Transfer learning by training only the last few layers

(Rpratesh) #1


I wanted to train the provided deepspeech 0.3 checkpoints with my own recorded audio files.
For now, I want to train only the last few layers (like fully connected layers and last few RNN layers) while freezing the rest of layers. What changes are needed in code to do that.

Also, for an advice, Is it better to train only the last few layers or the entire network, provided your dataset is just another accent of English language itself with few extra words that were not earlier in vocabulary.


(Rpratesh) #2

Any suggestions on this @lissyx @Tilman_Kamp !

(Lissyx) #3

Joshua is already working on that, but it’s still early:

(Rpratesh) #4

@lissyx Can you tag Joshua’s handle in this thread. So that we can have discussion on this topic here


Hey there, @rpratesh!

Try checking out that branch that @lissyx mentioned (transfer-learning).

You will need to add the following files for your new accent:


(1) Use util/ to find the unique characters in your new accent transcripts.

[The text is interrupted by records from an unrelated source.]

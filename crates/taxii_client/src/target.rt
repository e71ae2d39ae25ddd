use flow_values::Text;

/// The target of a pull: a collection of a peer, with a page size and an optional start time.
#[derive(Debug, Drop)]
pub struct Target {
    /// The peer's host name or address.
    pub host: Text,
    pub port: u16,
    /// The path of the API root, with a slash at both ends.
    pub root: Text,
    /// The collection's UUID as a number.
    pub collection: u128,
    pub limit: u64,
    /// A timestamp: only objects added after it are requested; `None` requests all (TAXII 2.1,
    /// section 3.4, `added_after`).
    pub since: Option<Text>,
}
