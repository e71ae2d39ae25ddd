//! A client of a TAXII 2.1 server: it pulls the objects of a collection page by page (sections 3.4,
//! 3.7 and 5.4), and can copy them into a local store.
//!
//! [`fetch`] requests one page over an open link. [`Pull`] iterates over all pages by cursor
//! pagination, with a new connection per page; after a failure it can retry the same page.
//! `Mirror::absorb` adds a page to a store, whole or not at all, so a page that arrives twice
//! changes nothing. `copy` combines both, and retries lost fetches.
//!
//! ```text
//! let mut pull = Pull::new(alloc, &target);
//! while let Some(entries) = pull.next_page(&mut dial)? {
//!     // each entry is Entry::Good(json) or Entry::Bad(refusal)
//! }
//! ```
#![tactic(auto)]

mod copying;
mod cursor;
mod fetch_end;
mod fetching;
mod mirror;
pub mod mirror_laws;
mod page_end;
mod partitioned;
mod pull;
pub mod pull_laws;
mod reply_refusal;
mod request;
mod stop;
mod store_refusal;
mod tally;
mod target;
mod totals;

pub use copying::copy;
pub use cursor::Cursor;
pub use fetch_end::FetchEnd;
pub use fetching::fetch;
pub use mirror::Mirror;
pub use page_end::PageEnd;
pub use pull::{MAX_PAGES, Pull};
pub use reply_refusal::ReplyRefusal;
pub use request::request_text;
pub use stop::{CopyStop, FetchStop};
pub use store_refusal::StoreRefusal;
pub use tally::Tally;
pub use target::Target;
pub use totals::Totals;
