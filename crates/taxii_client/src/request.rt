ghost use Rattle.std.specs.Prelude.{◌≡◌, ◌++◌, codes, decimal, option_map, IfOk, OnOk};
ghost use Rattle.form_urlencoded.specs.Form.{byte_serialize};
ghost use Rattle.http_messages.specs.Lines.{field_line};
ghost use Rattle.taxii_client.specs.Requests.{request_of, request_line, objects_path, query_of};
ghost use Rattle.taxii_client.specs.Requests.{behind};
ghost use Rattle.taxii_client.specs.Requests.{since_pair, next_pair, host_of};

use crate::Target;
use flow_values::{NoMemory, Text};
use form_urlencoded::byte_serialize;
use itoa::Buffer;
use std::alloc::Global;
use stix_ids::write_uuid;

/// The text of the request for the first page of the target, or for the page after the cursor
/// `next`.
pub fn request_text(alloc: Global, target: &Target, next: Option<&str>) -> Result<Text, NoMemory>
    ensures { IfOk result
        (λ text. text ≡ request_of target.now (option_map (λ next. next.now) next.entry)) }
{
    let mut text = Text::new(alloc);
    push_request_line(&mut text, target, next)?;
    push_host(&mut text, target)?;
    push_field(&mut text, "Accept", "application/taxii+json;version=2.1")?;
    push_field(&mut text, "Connection", "close")?;
    text.push("\r\n")?;
    Ok(text)
}

/// Appends the request line.
fn push_request_line(text: &mut Text, target: &Target, next: Option<&str>) -> Result<(), NoMemory>
    ensures { OnOk result
        (text.new ≡ text.old
        ++ request_line target.now (option_map (λ next. next.now) next.entry)) }
{
    text.push("GET ")?;
    push_path(text, target)?;
    push_query(text, target, next)?;
    text.push(" HTTP/1.1")?;
    text.push("\r\n")?;
    Ok(())
}

/// Appends the path of the collection's objects.
fn push_path(text: &mut Text, target: &Target) -> Result<(), NoMemory>
    ensures { OnOk result (text.new ≡ text.old ++ objects_path target.now) }
{
    let mut buffer = [0; 36];
    text.push(target.root.as_str())?;
    text.push("collections/")?;
    text.push(write_uuid(target.collection, &mut buffer))?;
    text.push("/objects/")?;
    Ok(())
}

/// Appends the query.
fn push_query(text: &mut Text, target: &Target, next: Option<&str>) -> Result<(), NoMemory>
    ensures { OnOk result
        (text.new ≡ text.old
        ++ query_of target.now.limit target.now.since (option_map (λ next. next.now) next.entry)) }
{
    text.push("?limit=")?;
    text.push(Buffer::new().format(target.limit))?;
    text.push("&match%5Bversion%5D=all")?;
    push_behind(text, target, next)?;
    Ok(())
}

/// Appends `added_after` and `next`. Both are sent, since a server may require the original filters
/// together with `next`.
fn push_behind(text: &mut Text, target: &Target, next: Option<&str>) -> Result<(), NoMemory>
    ensures { OnOk result
        (text.new ≡ text.old
        ++ behind target.now.since (option_map (λ next. next.now) next.entry)) }
{
    push_since(text, target)?;
    push_next(text, next)?;
    Ok(())
}

/// Appends `added_after`, if the target has a time.
fn push_since(text: &mut Text, target: &Target) -> Result<(), NoMemory>
    ensures { OnOk result (text.new ≡ text.old ++ since_pair target.now.since) }
{
    match &target.since {
        Some(time) => push_pair(text, "&added_after=", time.as_str()),
        None => Ok(()),
    }
}

/// Appends `next`, if there is a cursor.
fn push_next(text: &mut Text, next: Option<&str>) -> Result<(), NoMemory>
    ensures { OnOk result
        (text.new ≡ text.old ++ next_pair (option_map (λ next. next.now) next.entry)) }
{
    match next {
        Some(next) => push_pair(text, "&next=", next),
        None => Ok(()),
    }
}

/// Appends a parameter: its literal name, and its value percent-encoded.
fn push_pair(text: &mut Text, name: &str, value: &str) -> Result<(), NoMemory>
    ensures { OnOk result (text.new ≡ text.old ++ (name.now ++ byte_serialize value.now)) }
{
    text.push(name)?;
    for piece in byte_serialize(value.as_bytes()) {
        text.push(piece)?;
    }
    Ok(())
}

/// Appends the Host field.
fn push_host(text: &mut Text, target: &Target) -> Result<(), NoMemory>
    ensures { OnOk result (text.new ≡ text.old ++ field_line (codes "Host") (host_of target.now)) }
{
    text.push("Host: ")?;
    text.push(target.host.as_str())?;
    text.push(":")?;
    text.push(Buffer::new().format(target.port))?;
    text.push("\r\n")
}

/// Appends a header field.
fn push_field(text: &mut Text, name: &str, value: &str) -> Result<(), NoMemory>
    ensures { OnOk result (text.new ≡ text.old ++ field_line name.now value.now) }
{
    text.push(name)?;
    text.push(": ")?;
    text.push(value)?;
    text.push("\r\n")
}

(2) Use util/ from the transfer-learning branch to generate the trie & lm.binary files

(3) train with, making sure the paths match up to your local data. I’d try replacing the top layer and maybe the second layer. Going down deeper probably won’t make sense for just accent-transfer.

(Rpratesh) #6

I’ve checked out “transfer-learning” branch and generated my own lm.binary, trie files.
I’ve trained with two extra parameters i.e.

–drop_source_layers 2 --source_model_checkpoint_dir “$MyCkptDir”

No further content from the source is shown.